RPM verification fails with unsatisfied dependencies for libraries provided by the RPM

Andy Helten andy.helten at dot21rts.com
Thu Dec 3 22:03:51 UTC 2009

Mitko Haralanov <mitko at qlogic.com> wrote:
> On Wed, 2 Dec 2009 09:11:56 -0800
> Andy Helten <andy.helten at dot21rts.com> wrote:
>> The problem I am having is that dependency checking fails during 
>> verification for the shared libraries provided by my RPM unless a 
>> previous version of my RPM is already installed.  I would prefer to 
>> leave dependency checking enabled and do not want to maintain the 
>> dependencies on my own.  The question is:  how do I force RPM 
>> verification to recognize the shared libraries provided by that RPM so 
>> that is doesn't (incorrectly) complain about unsatisfied dependencies.  
>> Note that this failed dependency check does not prevent installation, it 
>> just causes "rpm --verify --package blah-" to fail.
> I believe that what's happening here is that RPM is automatically
> generating dependencies by examining the content of your RPM. It
> notices that it contains shared objects (which fills in the "Provides")
> and it notices that it contains executables linked against shared
> objects (which fills in the "Requires").

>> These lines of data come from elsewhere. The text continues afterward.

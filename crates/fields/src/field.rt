// The interface of a field of 2^m elements. Its elements are numbered from 0 on: the number of an
// element is its place.
ghost use Rattle.std.specs.Prelude.{◌≡◌, ℕ, ◌^◌, ◌<◌, ◌≤◌, MatchOption, ◌≢◌, bit_xor};
ghost use Rattle.algebra.specs.Field.{Ops, Laws, Roots, Places};

// A commutative field of characteristic 2 with 2^m elements.
pub trait Field: Copy {
    // The number m.
    const BITS: u32;

    ghost BITS: { ℕ };

    ghost ops: { Ops Self };

    ghost places: { Places Self BITS };

    fn zero() -> Self
        ensures { result ≡ ops.zero };

    fn one() -> Self
        ensures { result ≡ ops.one };

    fn sum(self, other: Self) -> Self
        ensures { result ≡ ops.add self other };

    fn product(self, other: Self) -> Self
        ensures { result ≡ ops.mul self other };

    // Absent for zero, and only for it.
    fn inverse(self) -> Option<Self>
        ensures { MatchOption result (self ≡ ops.zero) (λ y. ((self ≢ ops.zero) × (y ≡ ops.inv self))) };

    // The element at a place; absent from 2^m on.
    fn from_place(place: u16) -> Option<Self>
        ensures { MatchOption result (2 ^ BITS ≤ place) (λ x. ((place < 2 ^ BITS) × (x ≡ places.at place))) };

    // The place of an element.
    fn place(self) -> u16
        ensures { result ≡ places.num self };

    ghost laws: { Laws ops };

    ghost origin: { places.at 0 ≡ ops.zero };

    ghost sums: { (x y : Self) → places.num (ops.add x y) ≡ bit_xor (places.num x) (places.num y) };
}

// A field in which every element has a square root.
pub trait BinaryField: Field {
    fn square_root(self) -> Self
        ensures { Self.Field.ops.mul result result ≡ self };

    ghost roots: { Roots Self.Field.ops };
}
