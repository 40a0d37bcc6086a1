// Fields of 2^m elements, as an interface and as one type over an arithmetic of numbers, and how
// numbers in lent memory are read as elements.
#![tactic(auto)]

ghost use Rattle.std.specs.Prelude.{◌≡◌, true, false, ◌≢◌};

pub mod arithmetic;
pub mod element;
pub mod field;

use field::Field;

// The element at a place, and zero where the number is no place. It never makes an element out of
// a number that is too large. Keys are tested for such numbers before any of them is read so.
pub fn read<F: Field>(place: u16) -> F
    ensures { result ≡ F.Field.places.at place }
{
    F::from_place(place).unwrap_or(F::zero())
}

// Whether an element is zero.
pub fn is_zero<F: Field>(x: F) -> bool
    ensures yes { result ≡ true → x ≡ F.Field.ops.zero }
    ensures no { result ≡ false → x ≢ F.Field.ops.zero }
{
    x.place() == 0
}

// c + x·y
pub fn add_product<F: Field>(c: F, x: F, y: F) -> F
    ensures { result ≡ F.Field.ops.add c (F.Field.ops.mul x y) }
{
    c.sum(x.product(y))
}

> --verify works on look at your package and comparing it against the
> metadata in the database. Since your database does not have anything
> that satisfies the requirements of your package, it complains.

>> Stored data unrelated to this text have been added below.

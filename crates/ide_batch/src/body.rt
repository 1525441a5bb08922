//! The body of a batch, in the version of its store.
ghost use Rattle.ide_batch.specs.Bodies.{AreSpelled, SpellsNone};
ghost use Rattle.ide_batch.specs.Forms.{IfNotRead, IfRead};

use crate::groups::read_groups;
use crate::items::read_items;
use crate::spelled::Spelled;
use ide_journal::Version;
use ide_lattice::EdgeFn;
use ide_wire::Key;
use std::alloc::{AllocError, Global};

/// The items that the body spells in that version, if it spells any.
pub(crate) fn read_body<F: EdgeFn>(
    alloc: Global,
    version: Version,
    body: &[u8],
) -> Result<Option<Vec<(Key, F, bool)>>, AllocError>
    ensures items { IfRead result (λ items. AreSpelled ⟦<F as Spelled>⟧.forms version items.items body.now) }
    ensures none { IfNotRead result (SpellsNone ⟦<F as Spelled>⟧.forms version body.now) }
{
    match version {
        Version::One => read_items(alloc, body),
        Version::Two => read_groups(alloc, body),
    }
}
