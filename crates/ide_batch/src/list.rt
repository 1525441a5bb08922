//! Lists of things with forms, and whether items ascend.
ghost use Rattle.std.specs.Prelude.{◌≡◌, ℕ, ◌++◌, List, length, map, IsTrue, ◌↔◌};
ghost use Rattle.std.specs.List.{flat_map};
ghost use Rattle.std.specs.List.Sorted.{IsStrictlySortedBy};
ghost use Rattle.ide_batch.specs.Forms.{IfNotRead, IfRead, NoListInFront, all_proper};
ghost use Rattle.ide_wire.specs.KeyOrder.{key_cmp};

use crate::coded::Coded;
use ide_wire::Key;
use std::alloc::{AllocError, Global};
use std::cmp::Ordering;

/// So many things in front of the bytes, and the bytes after them.
pub(crate) fn list_in_front<T: Coded>(
    alloc: Global,
    count: usize,
    bytes: &[u8],
) -> Result<Option<(Vec<T>, &[u8])>, AllocError>
    ensures counted { IfRead result (λ front. length front.0.items ≡ count) }
    ensures proper { IfRead result (λ front. IsTrue (all_proper T.proper front.0.items)) }
    ensures found { IfRead result (λ front. bytes.now ≡ flat_map T.form front.0.items ++ front.1.now) }
    ensures none { IfNotRead result (NoListInFront T.proper T.form count bytes.now) }
{
    let mut list = Vec::new(alloc);
    let mut rest = bytes;
    for _taken in 0..count {
        let Some((item, behind)) = T::front(rest) else {
            return Ok(None);
        };
        list.push(item)?;
        rest = behind;
    }
    Ok(Some((list, rest)))
}

/// Whether the first key stands before the second.
fn is_below(first: Key, second: Key) -> bool
    ensures { IsTrue result ↔ (key_cmp first second ≡ Ordering.Less) }
{
    first.cmp(&second) == Ordering::Less
}

/// Whether each item's key is above that of the item before.
pub(crate) fn are_ascending<F: Copy>(items: &[(Key, F, bool)]) -> bool
    ensures { IsTrue result ↔ IsStrictlySortedBy key_cmp (map (λ item. item.0) items.now) }
{
    for next in 1..items.len() {
        let before = items[next - 1];
        let item = items[next];
        if !is_below(before.0, item.0) {
            return false;
        }
    }
    true
}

> If you want to check whether your package will install correctly before
> installing use '--test' rather then '--verify'
> On a separate note, if you don't want to have RPM automatically
> generate dependencies, use the 'AutoReq: 0' field in your spec file.
> You can still specify dependencies using the 'Requires' and 'Provides'
> fields, which RPM will consider.
> Hope this helps.

Yes, this did help.  Thank you.  I had only just discovered the '--test' 
option and started thinking maybe it was more appropriate.  But I also 
discovered that '--test' only performs MD5 verification over the RPM 
header.  That is, it does not perform MD5 verification over the packaged 
files but, then, neither does '--verify'.  Apparently only '--checksig' 
does that.  This means an install that passes '--test' could fail to 
install due to file corruption outside of the RPM header.